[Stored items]
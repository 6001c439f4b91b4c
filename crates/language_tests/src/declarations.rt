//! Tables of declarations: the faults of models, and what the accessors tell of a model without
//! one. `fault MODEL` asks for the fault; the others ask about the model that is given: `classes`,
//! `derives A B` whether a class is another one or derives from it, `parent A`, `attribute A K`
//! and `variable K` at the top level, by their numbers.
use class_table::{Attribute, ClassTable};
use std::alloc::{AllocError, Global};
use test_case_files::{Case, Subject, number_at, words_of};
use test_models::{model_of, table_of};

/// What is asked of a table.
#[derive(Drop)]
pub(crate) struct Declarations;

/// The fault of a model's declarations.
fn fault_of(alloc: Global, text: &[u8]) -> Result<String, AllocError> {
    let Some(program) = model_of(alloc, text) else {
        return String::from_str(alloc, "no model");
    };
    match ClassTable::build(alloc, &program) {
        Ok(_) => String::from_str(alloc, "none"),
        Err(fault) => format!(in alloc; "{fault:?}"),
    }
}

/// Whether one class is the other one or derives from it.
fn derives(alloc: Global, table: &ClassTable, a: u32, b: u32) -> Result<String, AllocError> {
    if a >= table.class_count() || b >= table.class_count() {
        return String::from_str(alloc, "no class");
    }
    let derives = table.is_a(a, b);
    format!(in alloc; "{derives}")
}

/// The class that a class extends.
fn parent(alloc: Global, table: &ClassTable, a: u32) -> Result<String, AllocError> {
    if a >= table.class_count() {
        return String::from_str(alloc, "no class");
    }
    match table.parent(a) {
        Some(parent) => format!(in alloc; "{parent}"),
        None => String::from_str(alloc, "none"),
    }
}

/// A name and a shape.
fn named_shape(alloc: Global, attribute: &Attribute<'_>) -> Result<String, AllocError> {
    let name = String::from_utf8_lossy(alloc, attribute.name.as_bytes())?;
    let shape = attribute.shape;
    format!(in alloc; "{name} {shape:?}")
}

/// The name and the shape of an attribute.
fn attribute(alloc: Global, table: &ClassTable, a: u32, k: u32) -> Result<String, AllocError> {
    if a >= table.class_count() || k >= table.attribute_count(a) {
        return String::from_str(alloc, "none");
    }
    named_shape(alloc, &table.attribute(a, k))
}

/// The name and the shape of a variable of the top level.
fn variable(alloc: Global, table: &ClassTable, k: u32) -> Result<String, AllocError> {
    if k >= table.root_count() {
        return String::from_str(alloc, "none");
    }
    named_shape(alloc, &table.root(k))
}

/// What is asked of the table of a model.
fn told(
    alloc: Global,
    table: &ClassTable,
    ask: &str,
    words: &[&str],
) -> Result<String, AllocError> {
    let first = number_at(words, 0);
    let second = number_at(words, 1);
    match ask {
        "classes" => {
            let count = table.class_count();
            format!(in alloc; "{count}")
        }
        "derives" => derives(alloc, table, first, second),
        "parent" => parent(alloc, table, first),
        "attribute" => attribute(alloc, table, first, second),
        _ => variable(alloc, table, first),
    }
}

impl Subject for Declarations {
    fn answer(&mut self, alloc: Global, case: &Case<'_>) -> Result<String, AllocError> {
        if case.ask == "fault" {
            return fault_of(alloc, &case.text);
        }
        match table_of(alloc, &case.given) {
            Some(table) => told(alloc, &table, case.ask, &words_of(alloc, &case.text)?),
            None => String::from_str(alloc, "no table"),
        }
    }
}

...

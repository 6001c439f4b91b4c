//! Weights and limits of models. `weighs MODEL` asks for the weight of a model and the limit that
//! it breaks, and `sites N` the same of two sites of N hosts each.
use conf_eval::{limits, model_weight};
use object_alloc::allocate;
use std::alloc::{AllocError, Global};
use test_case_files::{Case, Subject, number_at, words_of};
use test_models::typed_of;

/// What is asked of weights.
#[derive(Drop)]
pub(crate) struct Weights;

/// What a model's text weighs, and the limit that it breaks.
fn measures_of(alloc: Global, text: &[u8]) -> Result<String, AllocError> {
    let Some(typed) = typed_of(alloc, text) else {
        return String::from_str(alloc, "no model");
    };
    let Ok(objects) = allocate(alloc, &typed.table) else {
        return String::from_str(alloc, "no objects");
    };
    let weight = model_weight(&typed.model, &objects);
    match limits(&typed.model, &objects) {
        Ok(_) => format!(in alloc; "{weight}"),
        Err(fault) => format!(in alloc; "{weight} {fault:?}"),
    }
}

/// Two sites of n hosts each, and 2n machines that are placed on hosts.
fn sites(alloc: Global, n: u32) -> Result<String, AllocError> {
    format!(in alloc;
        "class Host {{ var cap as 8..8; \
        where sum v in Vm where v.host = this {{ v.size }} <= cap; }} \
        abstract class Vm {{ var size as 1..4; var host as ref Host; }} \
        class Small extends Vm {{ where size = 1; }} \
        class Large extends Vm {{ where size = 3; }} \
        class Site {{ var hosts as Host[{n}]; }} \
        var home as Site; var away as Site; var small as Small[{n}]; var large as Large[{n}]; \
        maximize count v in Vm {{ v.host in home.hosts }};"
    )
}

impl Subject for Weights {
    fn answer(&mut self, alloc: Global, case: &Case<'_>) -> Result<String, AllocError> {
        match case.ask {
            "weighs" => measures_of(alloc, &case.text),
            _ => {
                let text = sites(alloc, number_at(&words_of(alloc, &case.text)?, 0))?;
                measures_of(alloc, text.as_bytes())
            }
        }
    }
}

Try it:
Report only the number of lines, among the records above, that contain the word "given".

Response to this task:
2